I was just throwing an option at you as I know some areas around the country are tough to find good Pontiac engines at reasonable prices. The 326 won't have the torque or HP of a built 400, but it doesn't mean it won't be respectable or fun to drive. I bought a 350CI/3 speed stick in a '67 Firebird (originally a 326CI) that I was told had some head work done to it, and I don't think it had any kind of big cam or anything. It was a peppy car, able to burn tires with little problem, and I used to spin it to 6,000 RPM's. 

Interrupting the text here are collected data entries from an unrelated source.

//! Requests in texts: how tests write requests and show replies.
#![tactic(auto)]

mod requests;
mod texts;

pub use requests::{Request, call_of, midnight};
pub use texts::{body_text, canonical_text, text_of};
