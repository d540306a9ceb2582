//! Bytes as texts.

use lg_base::ByteFeed;
use lg_containers::Canonical;
use lg_replies::reply_text;
use lg_views::Reply;
use std::alloc::Global;
use std::test::Fail;

/// The text of bytes in UTF-8.
pub fn text_of(alloc: Global, bytes: &[u8]) -> Result<String, Fail> {
    Ok(String::from_utf8_lossy(alloc, bytes)?)
}

/// The text that stands for a value.
pub fn canonical_text<T: Canonical>(alloc: Global, value: &T) -> Result<String, Fail> {
    let mut feed = ByteFeed::new(alloc);
    value.feed_to(&mut feed)?;
    text_of(alloc, feed.bytes())
}

/// The body of a reply.
pub fn body_text(alloc: Global, reply: &Reply) -> Result<String, Fail> {
    let mut feed = ByteFeed::new(alloc);
    reply_text(reply, &mut feed)?;
    text_of(alloc, feed.bytes())
}
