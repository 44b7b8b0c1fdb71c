// The reader's inner functions: what the lists need, and what they are filled with.
ghost use Rattle.std.specs.Prelude.{◌≡◌, ℕ, ◌≤◌, ltb, length, [], ◌∷◌, OnOk};
ghost use Rattle.spec.specs.Refusal.{first};
ghost use Rattle.spec.specs.Calls.{length_check};
ghost use Rattle.spec.specs.File.{tree_lent, flags_lent, read_of};
ghost use Rattle.network.specs.Record.{net_of};
ghost use Rattle.payloads.specs.Payload.{verdict};
ghost use Rattle.fields.specs.Scans.{tree_of, ask_of, contents_of};
ghost use Rattle.netfile.specs.Answers.{given_in, given_of, network_in, tree_after, flags_after};
ghost use Rattle.netfile.specs.Writes.{lacking, kids_over, flags_over, FlagsFit};
ghost use Rattle.netfile.specs.Results.{room_for};

use crate::{Ask, Given};
use fields::{Asked, Contents};
use network::Network;
use spec::Refusal;

// Stays: `network.now.leaf_count ≤ 128`: a record may hold any count; that the fields' reader counts no more leaves is its promise, which these two are handed.

// How many places the tree's list has to have: two for each node, if the file has a tree.
fn tree_needs(tree: Option<&[u8]>, network: &Network) -> usize
    requires { network.now.leaf_count ≤ 128 }
    ensures { (places : ℕ) → ltb places result ≡ lacking (tree_lent (net_of network.now) places (tree_of tree.entry)) }
{
    match tree {
        None => 0,
        Some(_) => {
            let nodes = network.leaf_count.saturating_sub(1);
            nodes + nodes
        }
    }
}

// How many places the flags' list has to have: one for each index, if the file has flags.
fn flags_need(ask: Asked, network: &Network) -> usize
    ensures { (places : ℕ) → ltb places result ≡ lacking (flags_lent (net_of network.now) places (ask_of ask.entry)) }
{
    match ask {
        Asked::Plain | Asked::Target(_) => 0,
        Asked::Flagged(_) => network.index_count,
    }
}

// The lists that are filled, of so many places.
pub fn check_room(
    contents: &Contents,
    network: &Network,
    places: usize,
    flag_places: usize,
) -> Result<(), Refusal>
    requires { network.now.leaf_count ≤ 128 }
    ensures { result ≡ verdict (first (length_check (room_for places flag_places (contents_of contents.now network.now)) ∷ [])) }
{
    if places < tree_needs(contents.tree, network) {
        return Err(Refusal::ShortBuffer);
    }
    if flag_places < flags_need(contents.ask, network) {
        return Err(Refusal::ShortBuffer);
    }
    Ok(())
}

// Stays: the children are written here, and checked where they are used.
// Writes the children to the front of the tree's list, if the file has a tree.
pub fn put_tree(kids: Option<&[u8]>, tree: &mut [u16])
    ensures { tree.new ≡ kids_over (tree_of kids.entry) tree.old }
{
    if let Some(bytes) = kids {
        payloads::place(tree, 0, bytes);
    }
}

// Writes the flags to the front of the flags' list, and 0 up to one for each of m indices, if the file has flags.
pub fn put_flags(ask: Asked, m: usize, flags: &mut [u8])
    requires { FlagsFit (ask_of ask) m (length flags.old) }
    ensures { flags.new ≡ flags_over m (ask_of ask.entry) flags.old }
{
    if let Asked::Flagged(given) = ask {
        let n = given.len();
        payloads::put_bytes(flags, given);
        if n < m {
            cells::fill(&mut flags[n..m], 0);
        }
    }
}

// What is answered of the contents.
pub fn given(contents: &Contents) -> Given
    ensures { result ≡ given_in (tree_of contents.now.tree) (ask_of contents.now.ask) }
{
    Given {
        tree: contents.tree.map(|kids| kids.len()),
        ask: match contents.ask {
            Asked::Plain => Ask::Plain,
            Asked::Flagged(flags) => Ask::Flagged(flags.len()),
            Asked::Target(bits) => Ask::Target(bits),
        },
    }
}

// Stays: the tree's list is written here, and checked where it is used.
// Reads a network file. After a refusal both lists stay as they are, and the record may hold anything.
pub fn read(
    file: &[u8],
    network: &mut Network,
    tree: &mut [u16],
    flags: &mut [u8],
) -> Result<Given, Refusal>
    ensures answer { result ≡ given_of (read_of (length tree.old) (length flags.old) file.now) }
    ensures network { OnOk result (net_of network.new ≡ network_in (read_of (length tree.old) (length flags.old) file.now)) }
    ensures tree { tree.new ≡ tree_after (read_of (length tree.old) (length flags.old) file.now) tree.old }
    ensures flags { flags.new ≡ flags_after (read_of (length tree.old) (length flags.old) file.now) flags.old }
{
    let contents = fields::read_network(file, network)?;
    check_room(&contents, network, tree.len(), flags.len())?;
    put_tree(contents.tree, tree);
    put_flags(contents.ask, network.index_count, flags);
    Ok(given(&contents))
}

A 400CI with a Butler stroker kit would be my choice, but this means you have to buy an engine and you want to find one with a set of heads you can use having the factory screw-in studs. *Oldskool* nailed it on the block as you need one that you can fit into your year car/engine mounts without engine mount adapters. You can also buy an engine ready to go that will drop in your engine bay from one of the already mentioned builders if you can afford it. Everything depends on your budget and how much you have to play with.:thumbsup:

Member *Grumpy* recently rebuilt his 326 to the 326HO 285HP specs. You might want to contact him and ask about the performance of the engine seeing the car is finished and on the road. Check out his Facebook page and the engine video. https://www.facebook.com/pages/Grumpys-Garage-MuscleCars/200941343261937?ref=hl


----------



## Goat Roper (Oct 28, 2014)

rickm said:


> a period correct motor out of a full size Pontiac would be relatively inexpensive to buy n have rebuilt.


Hahahahahah...ummm... :nonod:


----------